# Processor Selling Venison



## Blueump (Aug 20, 2005)

My daughter took a deer she hit with her car to a processor and picked up the finished product last week. As she's paying the guy he asks if she wants to buy more.

Apparently this guy still has lots of venison left over from people that brought deer in last November and have never picked it up.

When asked by my daughter about this I thought that it may be something illegal. I know you aren't suppose to sell wild game...is this guy doing something illegal by selling off what others haven't picked up?


----------



## Huntinggirl (Aug 3, 2006)

It is my understanding that it is illegal, there is a small time butcher (actually a meat shop that does a few deer for locals) in Livingston County that recently got fined for that.


----------



## itchn2fish (Dec 15, 2005)

If the scenario was like this, would it be legal? What if you were merely covering an unpaid bill for the unclaimed deer after the processor notified the person who dropped the deer off that it was ready several times, but never showed, or had money hardships & was unable to pay the bill? What if the person gives the OK to let someone else cover the bill and take the deer with his permission.
If the party declines to pick up their deer, then what would be the legal manner in which the buthcher would have to deal with the situation?
Just curious.


----------



## boehr (Jan 31, 2000)

We can come up with a lot of excuses but bottom line, illegal. Turn the guy in because in my scenerio the guy skimmed from paying customers; didn't give some hunter all the meat back that they were suppose to get and is selling venison illegally. Cover the bill or not one cannot sell venison no buts or ifs about it.


----------



## Hamilton Reef (Jan 20, 2000)

Somewhat related thread.
Deer processor accused of keeping some for himself
http://www.michigan-sportsman.com/forum/showthread.php?p=2023777#post2023777


----------



## DANIEL MARK ZAPOLSKI (Sep 23, 2002)

time for the processor to GET PROCESSED BY A ***C.O.***:Modified_:woohoo1:


----------



## Wizard3686 (Aug 30, 2005)

So they cant sell vension???

What about the country smoke house and a few other butchers / processors that sell vension?


----------



## swampbuck (Dec 23, 2004)

boehr said:


> We can come up with a lot of excuses but bottom line, illegal.
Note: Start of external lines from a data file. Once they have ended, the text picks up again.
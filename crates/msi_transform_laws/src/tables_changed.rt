//! The tables of the old package, changed in turn by a transform that is made.

ghost use Rattle.msi_transform_laws.specs.TablesChanged.{MadeTablesAreChangedInTurn};

use msi_pool::laws::{given_back_takes_one, taken_places_hold_their_text};

/// Applying the records of all tables in turn stores each of them anew with the new package's rows; exact counts stay
/// exact, and the texts of other cells stay as they were.
pub fn made_tables_are_changed_in_turn()
    ensures { MadeTablesAreChangedInTurn }
{
    taken_places_hold_their_text();
    given_back_takes_one();
}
Turn the guy in because in my scenerio the guy skimmed from paying customers; didn't give some hunter all the meat back that they were suppose to get and is selling venison illegally. Cover the bill or not one cannot sell venison no buts or ifs about it.


good call, I took a large doe in once and thought I got shorted, especially considering the 4" neck roast. That was the last deer I had done.


----------



## WALLEYE MIKE (Jan 7, 2001)

Wizard3686 said:


> So they cant sell vension???
> 
> What about the country smoke house and a few other butchers / processors that sell vension?


Get their venison from legit farms.


----------



## Blueump (Aug 20, 2005)

boehr said:


> We can come up with a lot of excuses but bottom line, illegal. Turn the guy in because in my scenerio the guy skimmed from paying customers; didn't give some hunter all the meat back that they were suppose to get and is selling venison illegally. Cover the bill or not one cannot sell venison no buts or ifs about it.


Thanks guys. I know I could always count on you for a legitmate answer! Guess who's gonna be "tattled" on!


----------



## boehr (Jan 31, 2000)

Wizard3686 said:


> So they cant sell vension???
> 
> What about the country smoke house and a few other butchers / processors that sell vension?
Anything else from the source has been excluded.